Students and cast celebrate latest comic production
As Notre Dame found itself in the coldest of all possible South Bends, Opera Notre Dame invited theatergoers to question what else is wrong in the world with its production of Leonard Bernstein’s Candide at the DeBartolo Performing Arts Center (DPAC) on December 5 and 7.
The performance follows the group’s staging of Henry Purcell’s Dido and Aeneas in February of 2025. Director and conductor Dr. Dror Baitel told the Rover, “This is the first time Notre Dame Opera presented a full scale production with an orchestra since Covid.”
First performed in 1956, Candide is a comic operetta, providing a contrast to Purcell’s 17th-century Baroque tragedy. The score was composed by Leonard Bernstein, widely known for the iconic musical West Side Story. Like much of Bernstein’s work, Candide shows a wide variety of musical influences, including the classical operatic tradition, medieval chant, and Latin dances.
The show is an adaptation of the 1759 novella by Voltaire, which satirizes Gottfried Leibniz’s philosophy. Leibniz held that we live in the “best of all possible worlds,” since evil only serves to bring about an even greater good.
For Voltaire, this philosophy was unsatisfactory. In the novella as well as in Bernstein’s operetta, the protagonist Candide and his companions encounter immense suffering, including war, rape, shipwreck, an earthquake, and near execution. All the while, Candide’s mentor Dr. Pangloss serves as a mouthpiece for Leibniz’s ideas, driving Candide to despair. Ultimately, Candide settles on a farm and concludes that the best response to evil is to cultivate good.

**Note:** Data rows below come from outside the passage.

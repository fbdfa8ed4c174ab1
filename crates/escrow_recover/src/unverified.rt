use escrow_num::{Failure, Refusal};
use std::alloc::{AllocError, AllocFailed};

/// Why a store isn't verified.
#[derive(Clone, Copy)]
pub(crate) enum Unverified {
    /// Memory was refused (51), or the store refused a call (60). This decides nothing about the
    /// store.
    Failed(Failure),
    /// It isn't the store of any tables and rows (61).
    ForeignStore,
    /// It has another format (62).
    OtherFormat,
}

impl From<Failure> for Unverified {
    ghost use Rattle.std.specs.Prelude.{◌≡◌};
    ghost use Rattle.escrow_recover.specs.declared.unverified.Unverified.TheVariants.{Failed};

    ghost from_gives = { λ failure why. why ≡ Failed failure };

    fn from(failure: Failure) -> Unverified {
        Unverified::Failed(failure)
    }
}

impl From<Unverified> for Refusal {
    ghost use Rattle.std.specs.Prelude.{◌≡◌};
    ghost use Rattle.escrow_recover.specs.Inside.{refused_as};

    ghost from_gives = { λ why r. r ≡ refused_as why };

    fn from(why: Unverified) -> Refusal {
        match why {
            Unverified::Failed(failure) => Refusal::from(failure),
            Unverified::ForeignStore => Refusal::ForeignStore,
            Unverified::OtherFormat => Refusal::UnknownVersion,
        }
    }
}

/// Why a part of a store isn't verified.
#[derive(Clone, Copy)]
pub(crate) enum PartFault {
    /// Memory was refused, or the store refused a call.
    Failed(Failure),
    /// It isn't a part of any store.
    Foreign,
}

impl From<Failure> for PartFault {
    ghost use Rattle.std.specs.Prelude.{◌≡◌};
    ghost use Rattle.escrow_recover.specs.declared.unverified.PartFault.TheVariants.{Failed};

    ghost from_gives = { λ failure fault. fault ≡ Failed failure };

    fn from(failure: Failure) -> PartFault {
        PartFault::Failed(failure)
    }
}

impl From<AllocError> for PartFault {
    ghost use Rattle.std.specs.Prelude.{◌≡◌};
    ghost use Rattle.escrow_num.specs.declared.failure.Failure.TheVariants.{Memory};
    ghost use Rattle.escrow_recover.specs.declared.unverified.PartFault.TheVariants.{Failed};

    ghost from_gives = { λ _ fault. fault ≡ Failed Memory };

    fn from(_: AllocError) -> PartFault {
        PartFault::Failed(Failure::Memory)
    }
}

impl<T: Drop> From<AllocFailed<T>> for PartFault {
    ghost use Rattle.std.specs.Prelude.{◌≡◌};
    ghost use Rattle.escrow_num.specs.declared.failure.Failure.TheVariants.{Memory};
    ghost use Rattle.escrow_recover.specs.declared.unverified.PartFault.TheVariants.{Failed};

    ghost from_gives = { λ _ fault. fault ≡ Failed Memory };

    fn from(_: AllocFailed<T>) -> PartFault {
        PartFault::Failed(Failure::Memory)
    }
}

impl From<PartFault> for Unverified {
    ghost use Rattle.std.specs.Prelude.{◌≡◌};
    ghost use Rattle.escrow_recover.specs.Inside.{unverified_by};

    ghost from_gives = { λ fault why. why ≡ unverified_by fault };

    fn from(fault: PartFault) -> Unverified {
        match fault {
            PartFault::Failed(failure) => Unverified::Failed(failure),
            PartFault::Foreign => Unverified::ForeignStore,
        }
    }
}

In her notes in the show’s program, Rev. John A. Brien Professor of Philosophy Barbara Gail Montero wrote, “Life, Voltaire believed, was rife with random catastrophes and unconscionable cruelty. Music, however, tends to bring out the best in humanity. And Bernstein’s luscious score to Candide is a perfect example of this.”
Montero continued, “We invite you to ponder whether we, like Candide, can still, despite murder and mayhem, adversity and avarice, find a way to make our garden grow.”
Many of the cast were members of Notre Dame’s Sacred Music Program, which offers degrees and classes in organ, voice, and choral conducting, among other subjects.
The cast also represents a variety of backgrounds and experience levels. Freshman cast member Madeline Anderson spoke to the Rover about being in the show: “I had a wonderful time working on Candide. … Working with so many incredible people, like our director and the graduate students, really filled me with joy and passion for opera as an art form.” Anderson called her first operetta at Notre Dame “a very collaborative and supportive environment, especially for beginners to opera like myself.”
“I think people think opera is a dying genre,” Anderson continued, “but being in a production with so many young, talented, and passionate artists really shows that opera is alive. I hope everyone who saw Candide saw how much fun we had putting it on and enjoyed an art form they hadn’t watched before!”
For many students, watching the operetta was a new and positive experience. Freshman Robert Myler told the Rover, “[Candide] was really morbid but had a comic overtone, which made it hilarious.” As for Voltaire’s less-than-subtle satire of the Church, Myler did not think it detracted from the show: “Honestly, that was one of my favorite parts. … I know it doesn’t paint the Church in the best way, but it was still funny.”
Dr. Baitel expressed his hope for the future of Opera Notre Dame, saying, “[W]e look forward to return to DeBartolo in future seasons with more exciting programming.”